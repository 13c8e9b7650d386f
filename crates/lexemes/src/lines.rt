// The lines of a listing.
ghost use Rattle.std.specs.Prelude.{◌≡◌, List, ◌++◌, drop, IfOk, string_bytes, codes, decimal, OnOk};
ghost use Rattle.tokens.specs.Spelling.{Item, symbol_of, item_of};
ghost use Rattle.tokens.specs.Lexing.{Lexes};
ghost use Rattle.lexemes.specs.Listing.{digits_of, kind_text, spelling, after_blank, item_line, reason_line, reason_at, line_by, listing_of};
ghost use Rattle.lexemes.specs.Growing.{Grows};

use crate::refusal::Reason;
use std::alloc::{AllocError, Global};
use tokens::{Placed, Token, TokenList};

const MOST_BYTES: usize = 8192;

const MOST_TOKENS: usize = 2048;

// What stands at an offset and after it.
fn rest_at(source: &[u8], at: usize) -> &[u8]
    ensures { result.now ≡ drop at source.now }
{
    source.get(at..).unwrap_or(b"")
}

fn digits_of(text: &[u8]) -> &[u8]
    ensures { result.now ≡ digits_of text.now }
{
    let len = text.iter().take_while(|b| b.is_ascii_digit()).count();
    &text[..len]
}

// The listing's words, which no derive knows.
fn kind_of(token: Token) -> &'static str
    ensures { result.now ≡ kind_text (symbol_of token.entry) }
{
    match token {
        Token::Name(_) => "name",
        Token::Constant(_) => "constant",
        Token::Keyword(_) => "keyword",
        Token::Mark(_) => "mark",
        Token::End => "end",
        Token::Trouble(_) => "trouble",
    }
}

fn spelling_of<'a>(source: &'a [u8], placed: Placed<'a>) -> &'a [u8]
    ensures { result.now ≡ spelling source.now placed.entry.at (symbol_of placed.entry.token) }
{
    match placed.token {
        Token::Name(text) => text,
        Token::Constant(_) => digits_of(rest_at(source, placed.at)),
        Token::Keyword(keyword) => keyword.text(),
        Token::Mark(mark) => mark.text(),
        Token::End | Token::Trouble(_) => b"",
    }
}

// A `format!`, in a function of its own for its clause.
fn front_of(heap: Global, at: usize, kind: &str) -> Result<String, AllocError>
    ensures { IfOk result (λ s. string_bytes s ≡ decimal at ++ (codes " " ++ kind.now)) }
{
    format!(in heap; "{at} {kind}")
}

// Why the item at an index is refused, if it is.
fn reason_at(index: usize, token: Token) -> Option<Reason>
    ensures { result ≡ reason_at index (symbol_of token.entry) }
{
    match token {
        Token::Trouble(trouble) => Some(Reason::Trouble(trouble)),
        Token::End => None,
        _ if index < MOST_TOKENS => None,
        _ => Some(Reason::ManyTokens),
    }
}

// The listing of a source, as far as it is written. Bytes and no `String`: a name stands in it as the source spells it.
#[derive(Drop)]
struct Draft<'a> {
    heap: Global,
    source: &'a [u8],
    text: Vec<u8>,
}

impl<'a> Draft<'a> {
    fn push(&mut self, more: &[u8]) -> Result<(), AllocError>
        ensures { OnOk result (Grows self.old self.new more.now) }
    {
        self.text.extend_from_slice(more)?;
        Ok(())
    }

    fn push_after_blank(&mut self, word: &[u8]) -> Result<(), AllocError>
        ensures { OnOk result (Grows self.old self.new (after_blank word.now)) }
    {
        if word.is_empty() {
            return Ok(());
        }
        self.push(b" ")?;
        self.push(word)?;
        Ok(())
    }

    fn push_item(&mut self, placed: Placed) -> Result<(), AllocError>
        ensures { OnOk result (Grows self.old self.new (item_line self.old.source.now (item_of placed.entry))) }
    {
        let front = front_of(self.heap, placed.at, kind_of(placed.token))?;
        let spelling = spelling_of(self.source, placed);
        self.push(front.as_bytes())?;
        self.push_after_blank(spelling)?;
        self.push(b"\n")?;
        Ok(())
    }

    fn push_refusal(&mut self, reason: Reason, at: usize) -> Result<(), AllocError>
        ensures { OnOk result (Grows self.old self.new (reason_line self.old.source.now reason at)) }
    {
        let line = reason.line(self.heap, self.source, at)?;
        self.push(line.as_bytes())
    }

    fn push_line(&mut self, index: usize, placed: Placed) -> Result<(), AllocError>
        ensures { OnOk result (Grows self.old self.new (line_by self.old.source.now (item_of placed.entry) (reason_at index (symbol_of placed.entry.token)))) }
    {
        match reason_at(index, placed.token) {
            Some(reason) => self.push_refusal(reason, placed.at),
            None => self.push_item(placed),
        }
    }
}

// The listing of a source.
pub fn listing(heap: Global, source: &[u8]) -> Result<Vec<u8>, AllocError>
    ensures { IfOk result (λ v. (items : List Item) → Lexes 0 source.now items → v.items ≡ listing_of source.now items) }
{
    let mut draft = Draft {
        heap,
        source,
        text: Vec::new(heap),
    };
    if source.len() > MOST_BYTES {
        draft.push_refusal(Reason::LongSource, MOST_BYTES)?;
        return Ok(draft.text);
    }
    let mut list = TokenList::new(heap)?;
    list.fill(source);
    for (index, placed) in list.items().iter().enumerate() {
        draft.push_line(index, *placed)?;
    }
    Ok(draft.text)
}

■ ■ ■

| What you are asked to do |
Search the entries for the word "Grows" and gather every line where it appears.

| Response to the task |
ghost use Rattle.lexemes.specs.Growing.{Grows};
        ensures { OnOk result (Grows self.old self.new more.now) }
        ensures { OnOk result (Grows self.old self.new (after_blank word.now)) }
        ensures { OnOk result (Grows self.old self.new (item_line self.old.source.now (item_of placed.entry))) }
        ensures { OnOk result (Grows self.old self.new (reason_line self.old.source.now reason at)) }
        ensures { OnOk result (Grows self.old self.new (line_by self.old.source.now (item_of placed.entry) (reason_at index (symbol_of placed.entry.token)))) }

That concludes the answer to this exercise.